If you’ve been using AI chatbots for one-off questions, Hermes Agent is a different animal. It’s an open-source, self-improving AI agent built by Nous Research, designed to run continuously, remember context across sessions, and get better at recurring tasks the more you use it. Instead of a fresh conversation every time, Hermes builds persistent memory and refines its own skills as it works.
The catch is that an agent like this is only useful if it’s actually on. Run it locally and it disappears the moment your laptop sleeps. Run it on a VPS, and it stays reachable around the clock — from the terminal, from a web dashboard, or straight from Telegram, Discord, Slack, WhatsApp, or email.
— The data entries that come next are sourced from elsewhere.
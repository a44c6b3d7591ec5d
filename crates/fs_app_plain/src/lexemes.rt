//! The words and signs of a text, by their bytes.

use std::alloc::{AllocError, Global};

/// A word, or a sign of one byte: from the byte `start` up to before `end`.
#[derive(Clone, Copy)]
pub(crate) struct Lexeme {
    pub(crate) start: usize,
    pub(crate) end: usize,
}

impl Lexeme {
    /// Its text.
    pub(crate) fn word(self, text: &[u8]) -> &str {
        str::from_utf8(part(text, self.start, self.end)).unwrap_or("")
    }
}

/// The bytes from the first number on up to before the second.
pub(crate) fn part(text: &[u8], from: usize, to: usize) -> &[u8] {
    if from <= to && to <= text.len() {
        &text[from..to]
    } else {
        &[]
    }
}

/// The text of the lexeme of this number; nothing where there is none.
pub(crate) fn word_at<'a>(text: &'a [u8], lexemes: &[Lexeme], number: usize) -> &'a str {
    match lexemes.get(number) {
        Some(lexeme) => lexeme.word(text),
        None => "",
    }
}

/// The line in which the lexeme of this number begins, from 1 on. Linear in the text.
pub(crate) fn line_at(text: &[u8], lexemes: &[Lexeme], number: usize) -> usize {
    let end = match lexemes.get(number) {
        Some(lexeme) => lexeme.start,
        None => 0,
    };
    let mut line = 1usize;
    for byte in part(text, 0, end) {
        if *byte == b'\n' {
            line = line.saturating_add(1);
        }
    }
    line
}

/// Is it part of a word?
fn is_letter(byte: u8) -> bool {
    byte.is_ascii_alphanumeric() || byte == b'_' || byte == b'.'
}

fn is_blank(byte: u8) -> bool {
    matches!(byte, b' ' | b'\t' | b'\r' | b'\n')
}

/// Where the text is.
#[derive(Clone, Copy)]
struct Scanner {
    /// So many comments are open.
    depth: usize,
    /// The byte before is the first one of the mark of a comment.
    is_second: bool,
    /// Where the word begins that goes on.
    word: Option<usize>,
}

impl Scanner {
    /// Is the first byte of the rest in a comment, or of its marks?
    fn is_hidden(&mut self, rest: &[u8]) -> bool {
        if self.is_second {
            self.is_second = false;
            return true;
        }
        if rest.starts_with(b"(*") {
            self.depth = self.depth.saturating_add(1);
            self.is_second = true;
            return true;
        }
        if self.depth == 0 {
            return false;
        }
        if rest.starts_with(b"*)") {
            self.depth -= 1;
            self.is_second = true;
        }
        true
    }

    /// The word that ends before `at`.
    fn end_word(&mut self, at: usize) -> Option<Lexeme> {
        let start = self.word?;
        self.word = None;
        Some(Lexeme { start, end: at })
    }
}

/// The words and signs of the text from the byte `first` on, without blanks and comments. Linear in the text.
pub(crate) fn lexemes(alloc: Global, text: &[u8], first: usize) -> Result<Vec<Lexeme>, AllocError> {
    let mut found = Vec::new(alloc);
    let mut scanner = Scanner {
        depth: 0,
        is_second: false,
        word: None,
    };
    for at in first..text.len() {
        let byte = text[at];
        let is_hidden = scanner.is_hidden(&text[at..]);
        if !is_hidden && is_letter(byte) {
            if scanner.word.is_none() {
                scanner.word = Some(at);
            }
        } else {
            if let Some(word) = scanner.end_word(at) {
                found.push(word)?;
            }
            if !is_hidden && !is_blank(byte) {
                found.push(Lexeme {
                    start: at,
                    end: at + 1,
                })?;
            }
        }
    }
    if let Some(word) = scanner.end_word(text.len()) {
        found.push(word)?;
    }
    Ok(found)
}
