//! Accesses of 64 bits, as accesses of a word.

use crate::lexemes::{Lexeme, lexemes, part, word_at};
use crate::sheet::{Sheet, sheet_of};
use fs_litmus::skip_title;
use fs_litmus_tokens::number_of;
use std::alloc::{AllocError, Global};

/// The greatest word without a sign.
const GREATEST: u32 = 0x7fff_ffff;

/// How many bits an access has.
#[derive(Clone, Copy, PartialEq)]
enum Width {
    Word,
    Double,
}

fn is_atomic(stem: &str) -> bool {
    matches!(stem, "lr" | "sc") || stem.starts_with("amo")
}

/// The width of a load or a store, and the number of its letter.
fn width_of_plain(stem: &str) -> Option<(Width, usize)> {
    match stem {
        "ld" | "sd" => Some((Width::Double, 1)),
        "lw" | "sw" | "lwu" => Some((Width::Word, 1)),
        _ => None,
    }
}

/// The width of a mnemonic as `lr.d` or `amoadd.w.aq`, and the number of its letter.
fn width_of_atomic(stem: &str, rest: &str) -> Option<(Width, usize)> {
    let letter = stem.len().saturating_add(1);
    if rest == "d" || rest.starts_with("d.") {
        return Some((Width::Double, letter));
    }
    if rest == "w" || rest.starts_with("w.") {
        return Some((Width::Word, letter));
    }
    None
}

/// The width of what the instruction accesses, and the number of the letter in its mnemonic that says it.
fn width_of(mnemonic: &str) -> Option<(Width, usize)> {
    match mnemonic.split_once('.') {
        Some((stem, rest)) if is_atomic(stem) => width_of_atomic(stem, rest),
        Some((stem, _)) => width_of_plain(stem),
        None => width_of_plain(mnemonic),
    }
}

/// Which widths the accesses of a test have.
#[derive(Clone, Copy)]
pub(crate) enum Widths {
    /// None has 64 bits.
    Words,
    /// Each that there is has 64 bits.
    Doubles,
    /// The first access of another width than the first one is the instruction with this mnemonic, by its lexeme.
    Both(usize),
}

/// Which widths the accesses of the test have.
pub(crate) fn widths_of(text: &[u8], lexemes: &[Lexeme], sheet: &Sheet) -> Widths {
    let mut first = None;
    for instruction in &sheet.instructions {
        let Some((width, _)) = width_of(word_at(text, lexemes, instruction.mnemonic)) else {
            continue;
        };
        match first {
            Some(found) if found != width => return Widths::Both(instruction.mnemonic),
            _ => first = Some(width),
        }
    }
    match first {
        Some(Width::Double) => Widths::Doubles,
        _ => Widths::Words,
    }
}

/// The text with this letter in each mnemonic of an access of the width.
fn relettered(
    alloc: Global,
    text: &[u8],
    lexemes: &[Lexeme],
    sheet: &Sheet,
    width: Width,
    letter: u8,
) -> Result<Vec<u8>, AllocError> {
    let mut made = Vec::from_slice(alloc, text)?;
    for instruction in &sheet.instructions {
        let Some(lexeme) = lexemes.get(instruction.mnemonic) else {
            return Ok(made);
        };
        if let Some((found, number)) = width_of(lexeme.word(text)) {
            let at = lexeme.start.saturating_add(number);
            if found == width && at < made.len() {
                made[at] = letter;
            }
        }
    }
    Ok(made)
}

/// The text with accesses of a word for those of 64 bits: of each mnemonic one letter is another.
pub(crate) fn narrowed(
    alloc: Global,
    text: &[u8],
    lexemes: &[Lexeme],
    sheet: &Sheet,
) -> Result<Vec<u8>, AllocError> {
    relettered(alloc, text, lexemes, sheet, Width::Double, b'w')
}

/// The text of a test file with accesses of 64 bits for those of a word, and numbers with their signs. Linear in the
/// text.
pub fn widened(alloc: Global, text: &[u8]) -> Result<Vec<u8>, AllocError> {
    let first = match skip_title(text) {
        Some(body) => text.len().saturating_sub(body.text.len()),
        None => text.len(),
    };
    let lexemes = lexemes(alloc, text, first)?;
    let sheet = sheet_of(alloc, text, &lexemes)?;
    let wide = relettered(alloc, text, &lexemes, &sheet, Width::Word, b'd')?;
    with_signs(alloc, &wide, &lexemes)
}

/// The text with accesses of 64 bits wherever it names those of a word. Linear in the text.
pub fn widened_words(alloc: Global, text: &[u8]) -> Result<Vec<u8>, AllocError> {
    let mut made = Vec::from_slice(alloc, text)?;
    for lexeme in lexemes(alloc, text, 0)? {
        if let Some((Width::Word, number)) = width_of(lexeme.word(text)) {
            let at = lexeme.start.saturating_add(number);
            if at < made.len() {
                made[at] = b'd';
            }
        }
    }
    Ok(made)
}

/// Is it a number, however great?
fn is_number(word: &str) -> bool {
    match word.strip_prefix("0x") {
        Some(digits) => !digits.is_empty() && digits.bytes().all(|byte| byte.is_ascii_hexdigit()),
        None => !word.is_empty() && word.bytes().all(|byte| byte.is_ascii_digit()),
    }
}

/// Is the word a number that takes more than 31 bits?
fn is_great(word: &str) -> bool {
    match number_of(word) {
        Some(number) => number > GREATEST,
        None => is_number(word),
    }
}

/// Does the text have a number that takes more than 31 bits, beside its sign?
pub(crate) fn has_great_number(text: &[u8], lexemes: &[Lexeme]) -> bool {
    for lexeme in lexemes {
        if is_great(lexeme.word(text)) {
            return true;
        }
    }
    false
}

/// Appends the lexeme; a word of 32 bits with its sign.
fn push_signed(
    alloc: Global,
    made: &mut Vec<u8>,
    text: &[u8],
    lexeme: Lexeme,
) -> Result<(), AllocError> {
    match number_of(lexeme.word(text)) {
        Some(number) if number > GREATEST => {
            let number = format!(in alloc; "-{}", number.wrapping_neg())?;
            made.extend_from_slice(number.as_bytes())
        }
        _ => made.extend_from_slice(part(text, lexeme.start, lexeme.end)),
    }
}

/// The text with signs for the numbers that are words of 32 bits.
fn with_signs(alloc: Global, text: &[u8], lexemes: &[Lexeme]) -> Result<Vec<u8>, AllocError> {
    let mut made = Vec::new(alloc);
    let mut done = 0;
    for lexeme in lexemes {
        made.extend_from_slice(part(text, done, lexeme.start))?;
        push_signed(alloc, &mut made, text, *lexeme)?;
        done = lexeme.end;
    }
    made.extend_from_slice(part(text, done, text.len()))?;
    Ok(made)
}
This guide walks through deploying Hermes Agent on a Hostinger VPS using Hostinger’s Application Catalog, which handles the Docker setup for you. No manual installer, no dependency wrangling — just a VPS, a few clicks, and a short setup wizard.
What You’ll Need
Before you start, gather the following:
- A Hostinger VPS plan. An entry-level plan is enough if you’re running Hermes against a cloud LLM API. If you plan to run local tools, browser automation, or parallel sub-agents, size up on vCPU and RAM.
- Basic terminal comfort. You’ll spend most of your time in Hermes’s CLI once it’s running.
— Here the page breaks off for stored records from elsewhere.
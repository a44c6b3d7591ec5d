//! The rows of a test file, and what stands behind them.

use crate::lexemes::{Lexeme, word_at};
use std::alloc::{AllocError, Global};

/// More harts no test has.
pub(crate) const MOST_HARTS: usize = 8;

/// More instructions no test has: 8 harts have 32 each.
const MOST_INSTRUCTIONS: usize = 256;

/// So many labels are looked at.
const MOST_LABELS: usize = 1024;

/// An instruction, by numbers of lexemes: its mnemonic, and the last one of its cell.
#[derive(Clone, Copy)]
pub(crate) struct Instruction {
    pub(crate) hart: usize,
    /// So many instructions of the hart stand before it.
    pub(crate) at: usize,
    pub(crate) mnemonic: usize,
    pub(crate) last: usize,
}

/// A label, by the number of its lexeme.
#[derive(Clone, Copy)]
pub(crate) struct Label {
    pub(crate) hart: usize,
    /// So many instructions of the hart stand before it.
    pub(crate) at: usize,
    pub(crate) name: usize,
}

/// A test file, by numbers of lexemes.
#[derive(Drop)]
pub(crate) struct Sheet {
    pub(crate) columns: usize,
    pub(crate) instructions: Vec<Instruction>,
    pub(crate) labels: Vec<Label>,
    /// The `;` that ends the last row.
    pub(crate) rows_end: usize,
    /// The first one behind the rows.
    pub(crate) tail: usize,
    /// There aren't more instructions, labels or harts than are looked at.
    pub(crate) is_whole: bool,
    /// So many instructions of each hart.
    counts: Vec<usize>,
}

/// The part of the file in which a lexeme stands.
#[derive(Clone, Copy)]
enum Part {
    Entries,
    Header,
    Rows,
}

/// Where the walk through the rows is.
#[derive(Clone, Copy)]
struct Walk {
    part: Part,
    hart: usize,
    /// The first lexeme of the cell.
    first: usize,
}

/// Does it end the rows, where a row would begin with it?
fn stops_rows(word: &str, next: &str) -> bool {
    match word {
        "locations" | "exists" | "forall" | "~" => true,
        "filter" => next != ":",
        _ => false,
    }
}

impl Sheet {
    fn new(alloc: Global, tail: usize) -> Result<Sheet, AllocError> {
        Ok(Sheet {
            columns: 1,
            instructions: Vec::new(alloc),
            labels: Vec::new(alloc),
            rows_end: 0,
            tail,
            is_whole: true,
            counts: Vec::from_array(alloc, [0; MOST_HARTS])?,
        })
    }

    /// So many instructions of the hart stand before what comes next.
    fn position(&self, hart: usize) -> usize {
        match self.counts.get(hart) {
            Some(count) => *count,
            None => 0,
        }
    }

    fn add_label(&mut self, hart: usize, name: usize) -> Result<(), AllocError> {
        let at = self.position(hart);
        self.labels.push(Label { hart, at, name })?;
        Ok(())
    }

    fn add_instruction(
        &mut self,
        hart: usize,
        mnemonic: usize,
        end: usize,
    ) -> Result<(), AllocError> {
        let at = self.position(hart);
        self.instructions.push(Instruction {
            hart,
            at,
            mnemonic,
            last: end.saturating_sub(1),
        })?;
        if let Some(count) = self.counts.get_mut(hart) {
            *count = at.saturating_add(1);
        }
        Ok(())
    }

    /// Adds the cell of these lexemes. False where there are too many.
    fn add_cell(
        &mut self,
        text: &[u8],
        lexemes: &[Lexeme],
        hart: usize,
        first: usize,
        end: usize,
    ) -> Result<bool, AllocError> {
        let mut is_label = true;
        for number in first..end {
            let next = number.saturating_add(1);
            if is_label && word_at(text, lexemes, number) != ":" {
                is_label = next < end && word_at(text, lexemes, next) == ":";
                if is_label {
                    self.add_label(hart, number)?;
                } else {
                    self.add_instruction(hart, number, end)?;
                }
            }
        }
        self.is_whole = hart < MOST_HARTS
            && self.labels.len() <= MOST_LABELS
            && self.instructions.len() <= MOST_INSTRUCTIONS;
        Ok(self.is_whole)
    }

    /// Takes the lexeme of this number. False where nothing behind it counts.
    fn take(
        &mut self,
        text: &[u8],
        lexemes: &[Lexeme],
        walk: &mut Walk,
        number: usize,
    ) -> Result<bool, AllocError> {
        let word = word_at(text, lexemes, number);
        match walk.part {
            Part::Entries => {
                if word == "}" {
                    walk.part = Part::Header;
                }
                Ok(true)
            }
            Part::Header => {
                if word == "|" {
                    self.columns = self.columns.saturating_add(1);
                } else if word == ";" {
                    walk.part = Part::Rows;
                    walk.first = number.saturating_add(1);
                }
                Ok(true)
            }
            Part::Rows => {
                let next = word_at(text, lexemes, number.saturating_add(1));
                if walk.hart == 0 && walk.first == number && stops_rows(word, next) {
                    self.tail = number;
                    return Ok(false);
                }
                if word != "|" && word != ";" {
                    return Ok(true);
                }
                let goes_on = self.add_cell(text, lexemes, walk.hart, walk.first, number)?;
                walk.first = number.saturating_add(1);
                walk.hart = walk.hart.saturating_add(1);
                if word == ";" {
                    walk.hart = 0;
                    self.rows_end = number;
                }
                Ok(goes_on)
            }
        }
    }
}

/// The rows of a text of these lexemes, and what stands behind them. Linear in the text.
pub(crate) fn sheet_of(
    alloc: Global,
    text: &[u8],
    lexemes: &[Lexeme],
) -> Result<Sheet, AllocError> {
    let mut sheet = Sheet::new(alloc, lexemes.len())?;
    let mut walk = Walk {
        part: Part::Entries,
        hart: 0,
        first: 0,
    };
    for number in 0..lexemes.len() {
        if !sheet.take(text, lexemes, &mut walk, number)? {
            return Ok(sheet);
        }
    }
    Ok(sheet)
}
- An LLM provider API key — OpenAI, Anthropic, or OpenRouter are common choices. Alternatively, Hostinger bundles its own AI credits (via nexos.ai) that you can use instead of bringing your own key, or you can skip keys entirely with Hermes’s Quick Setup.
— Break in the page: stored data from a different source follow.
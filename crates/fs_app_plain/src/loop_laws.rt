//! Turns that can be left out, and executions in which no branch goes back.

ghost use Rattle.std.specs.Prelude.{◌≡◌, ◌<◌, ◌↔◌, ℕ, Bool, List, [], length};
ghost use Rattle.fs_kinds.specs.declared.placement.Entry.{Entry};
ghost use Rattle.fs_model.specs.declared.step.Step.{Step};
ghost use Rattle.fs_model.specs.declared.test.Test.{Test};
ghost use Rattle.fs_model.specs.Condition.{condition_of};
ghost use Rattle.fs_model.specs.Execution.{Execution, IsExecution};
ghost use Rattle.fs_model.specs.Allows.{Allows, Shows};
ghost use Rattle.fs_instr.specs.declared.names.Ann.{Ann};
ghost use Rattle.fs_model.specs.Test.{GoesForward};
ghost use Rattle.fs_model.specs.Execution.{code_of};
ghost use Rattle.fs_app_plain.specs.Waiting.{OnlyWaits, OnlyWaitsOrSwaps, StartsWithZero, LocksAreFreeOrTaken};
ghost use Rattle.fs_app_plain.specs.Waiting.{OnlyLocks};
ghost use Rattle.fs_app_plain.specs.WaitedOnce.{waiting, waited_once};
ghost use Rattle.fs_app_plain.specs.Waiting.{waits_for_a_flag, waits_for_a_lock};
ghost use Rattle.fs_app_plain.specs.OneTurn.{IsMark, IsStraightened, ReachesMarks, EndsAsIn};
ghost use Rattle.fs_app_plain.specs.Turns.{HasIdleTurn, IsLeftOut, IsInOneTurn, TurnsAreIdle, EndTheSame, AsksFor};

/// A law: an idle turn can be left out. With any fences, an execution in which a hart's run has one has another, of the
/// runs without it, that ends with the same words in memory; and in registers, but for those that the turn writes and
/// nothing after it does.
pub fn idle_turns_can_be_left_out()
    ensures { (t : Test) (p : List Entry) (e : Execution) (hart : ℕ) (before turn after : List Step)
        → IsExecution t p e → hart < length t.codes → HasIdleTurn t e hart before turn after
        → IsLeftOut t p e hart before turn after }
{}

/// A law: where each hart's first step that goes back ends an idle turn, one turn is as good as any number. With any
/// fences, each execution has another in which no step goes back, and which ends the same, in memory and in the
/// registers asked for. So an outcome that asks for no others is allowed where such an execution shows it.
pub fn one_turn_is_enough()
    ensures ends { (asked : ℕ → ℕ → Bool) (t : Test) (p : List Entry) (e : Execution) → TurnsAreIdle asked t p
        → IsExecution t p e → (f : Execution) × IsExecution t p f × IsInOneTurn t f × EndTheSame asked t e f }
    ensures shown { (asked : ℕ → ℕ → Bool) (t : Test) (p : List Entry) → TurnsAreIdle asked t p
        → AsksFor asked (condition_of t.condition) → Allows t p ↔ ((e : Execution) × Shows t p e × IsInOneTurn t e) }
{}

/// A law: where the only branches that go back are those of waiting loops, a load of another register than its base and
/// a branch back to it, the first step of a hart that goes back ends an idle turn, whatever the outcome asks for and
/// whatever fences are placed. So it is of `lw x5,0(x6)`, `bnez x5` back to it and `lw x7,0(x8)` beside harts without
/// loops; `waited_once` is an execution in which such a hart goes back. Of a swap and a `bnez` back to it the same holds
/// where in each execution with these fences that swap finds 0, or the word that it stores. It does where all harts do
/// nothing but `amoswap.w x5,x9,(x6)`, `bnez x5` back to it and `sw x0,0(x6)`, all with one word in x9, and all
/// locations begin with 0 or that word.
pub fn waiting_is_idle()
    ensures flags { (asked : ℕ → ℕ → Bool) (t : Test) (p : List Entry)
        → ((hart : ℕ) → hart < length t.codes → OnlyWaits (code_of t hart)) → TurnsAreIdle asked t p }
    ensures locks { (asked : ℕ → ℕ → Bool) (t : Test) (p : List Entry) → StartsWithZero t → LocksAreFreeOrTaken t p
        → ((hart : ℕ) → hart < length t.codes → OnlyWaitsOrSwaps (code_of t hart)) → TurnsAreIdle asked t p }
    ensures one_flag { (asked : ℕ → ℕ → Bool) (t : Test) (p : List Entry) → code_of t 0 ≡ waits_for_a_flag
        → ((hart : ℕ) → 0 < hart → hart < length t.codes → GoesForward (code_of t hart)) → TurnsAreIdle asked t p }
    ensures one_lock { (asked : ℕ → ℕ → Bool) (t : Test) (p : List Entry) (ann : Ann)
        → code_of t 0 ≡ waits_for_a_lock ann
        → ((hart : ℕ) → 0 < hart → hart < length t.codes → GoesForward (code_of t hart))
        → StartsWithZero t → LocksAreFreeOrTaken t p → TurnsAreIdle asked t p }
    ensures only_locks { (asked : ℕ → ℕ → Bool) (t : Test) (p : List Entry) (taken : ℕ) → OnlyLocks t taken
        → TurnsAreIdle asked t p }
    ensures is_execution { IsExecution waiting [] waited_once }
    ensures goes_back { IsInOneTurn waiting waited_once → ⊥ }
{}

/// A law: what `--unroll 1` makes of a test means the test's executions in which no step goes back. With any fences,
/// each of these has an execution of the straightened test in which each hart that had a branch back comes to its mark,
/// and each such execution has one of these. Both end with the same words in memory, and in all registers but the mark.
pub fn plain_means_one_turn()
    ensures forth { (mark : ℕ) (t u : Test) → IsMark mark t → IsStraightened mark t u → (p : List Entry) (f : Execution)
        → IsExecution t p f → IsInOneTurn t f
        → (e : Execution) × IsExecution u p e × ReachesMarks mark t u e × EndsAsIn mark t u f e }
    ensures back { (mark : ℕ) (t u : Test) → IsMark mark t → IsStraightened mark t u → (p : List Entry) (e : Execution)
        → IsExecution u p e → ReachesMarks mark t u e
        → (f : Execution) × IsExecution t p f × IsInOneTurn t f × EndsAsIn mark t u f e }
{}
- A messaging account (optional) — Telegram, Discord, Slack, or WhatsApp, if you want to reach the agent off the terminal.
- An Oxylabs account (optional) — only needed if you want Hermes’s web search and scraping tool backed by a dedicated scraping provider.
Step 1: Choose and Provision Your Hostinger VPS

Log into your Hostinger account and pick a VPS plan. A couple of things to weigh when choosing:
- API-only usage (Hermes calling out to OpenAI, Anthropic, etc.) needs relatively little horsepower — a base plan will do.
- Local models or heavier tooling (browser automation, multiple sub-agents running in parallel) benefit from more vCPUs and RAM, so consider a mid-tier plan if that’s your plan.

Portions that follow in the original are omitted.